21Shares just partnered with Standard Chartered to custody its crypto assets, signalling that the line between TradFi and crypto is […] The post Crypto News Today: DeepSnitch AI Rumored to Launch On Several Tier 1 Exchanges in January appeared first on Coindoo.21Shares just partnered with Standard Chartered to custody its crypto assets, signalling that the line between TradFi and crypto is […] The post Crypto News Today: DeepSnitch AI Rumored to Launch On Several Tier 1 Exchanges in January appeared first on Coindoo.

Crypto News Today: DeepSnitch AI Rumored to Launch On Several Tier 1 Exchanges in January

2025/11/27 02:52
5 min read
For feedback or concerns regarding this content, please contact us at [email protected]

21Shares just partnered with Standard Chartered to custody its crypto assets, signalling that the line between TradFi and crypto is officially starting to blur.

With adoption accelerating, even traditional investors are now hunting for the best crypto presales to get in early.

And DeepSnitch AI looks like the biggest opportunity.
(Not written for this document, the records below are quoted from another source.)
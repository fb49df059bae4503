// Trying the lines of a table. A line names the call that the lines after it make: `check`, `own receivers`, `respond`,
// `diagnose`, `findings`, `shorten`, `turn` or `turn back`. A line `level L` gives the soft level of the calls on the
// lines after it, a line `gate G` their gate, and a line `receivers` with the net of each receiver their receivers,
// each up to the next line of its name; `receivers own` is one receiver a net. At the start, and after a line that
// names a call, the level is 1, the gate 0, and there is one receiver a net. A line that has not the form of its call,
// or begins with `level` or `gate` and does not go on with a space and one number, or with `receivers` and goes on with
// no list, is shown as unreadable.
use crate::{checking, finding, own, responding, shortening, turned};
use std::io;
use trials::setting::Setting;
use trials::{Trial, show};

#[derive(Clone, Copy, Debug, PartialEq, Eq)]
enum Call {
    Check,
    OwnReceivers,
    Response,
    Diagnosis,
    Findings,
    Shortening,
    Turning,
    TurningBack,
}

impl Call {
    fn named(name: &[u8]) -> Option<Call> {
        match name {
            b"check" => Some(Call::Check),
            b"own receivers" => Some(Call::OwnReceivers),
            b"respond" => Some(Call::Response),
            b"diagnose" => Some(Call::Diagnosis),
            b"findings" => Some(Call::Findings),
            b"shorten" => Some(Call::Shortening),
            b"turn" => Some(Call::Turning),
            b"turn back" => Some(Call::TurningBack),
            _ => None,
        }
    }

    // Makes the call that a line gives.
    fn try_line(self, rt: &impl Print, setting: &Setting, line: &[u8]) -> io::Result<()> {
        match self {
            Call::Check => checking::try_line(rt, setting, line),
            Call::OwnReceivers => own::try_line(rt, line),
            Call::Response => responding::try_response(rt, setting, line),
            Call::Diagnosis => responding::try_diagnosis(rt, setting, line),
            Call::Findings => finding::try_line(rt, setting, line),
            Call::Shortening => shortening::try_line(rt, setting, line),
            Call::Turning => turned::try_turn(rt, line),
            Call::TurningBack => turned::try_turn_back(rt, line),
        }
    }
}

// The call that the lines make, where one is named.
#[derive(Clone, Copy, Debug, Default)]
pub struct Calls {
    call: Option<Call>,
}

impl Trial for Calls {
    fn name(&mut self, rt: &impl Print, line: &[u8]) -> io::Result<()> {
        self.call = Call::named(line);
        match self.call {
            Some(_) => Ok(()),
            None => show::unreadable_line(rt),
        }
    }

    fn call(&mut self, rt: &impl Print, setting: &Setting, line: &[u8]) -> io::Result<()> {
        match self.call {
            Some(call) => call.try_line(rt, setting, line),
            None => show::unreadable(rt),
        }
    }
}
Still priced at just $0.02477 after a 62% rally, DSNT is making the headlines of the top crypto news today.

21Shares chooses Standard Chartered for custody as TradFi deepens crypto push

In the latest crypto news today, 21Shares has selected Standard Chartered as its digital asset custodian. The move suggests a potential shift away from its previous partner, Zodia Custody.

The bank will offer custody services via its Luxembourg-based platform, following its mid-2025 launch of institutional crypto trading. It’s still unclear whether Zodia will be replaced or operate alongside Standard Chartered.

21Shares called the partnership a milestone toward building institutional-grade infrastructure for digital assets. As other banks also ramp up crypto services, the line between crypto and TradFi continues to blur. This sets the stage for utility-focused altcoins like DeepSnitch AI to take over the top crypto news today.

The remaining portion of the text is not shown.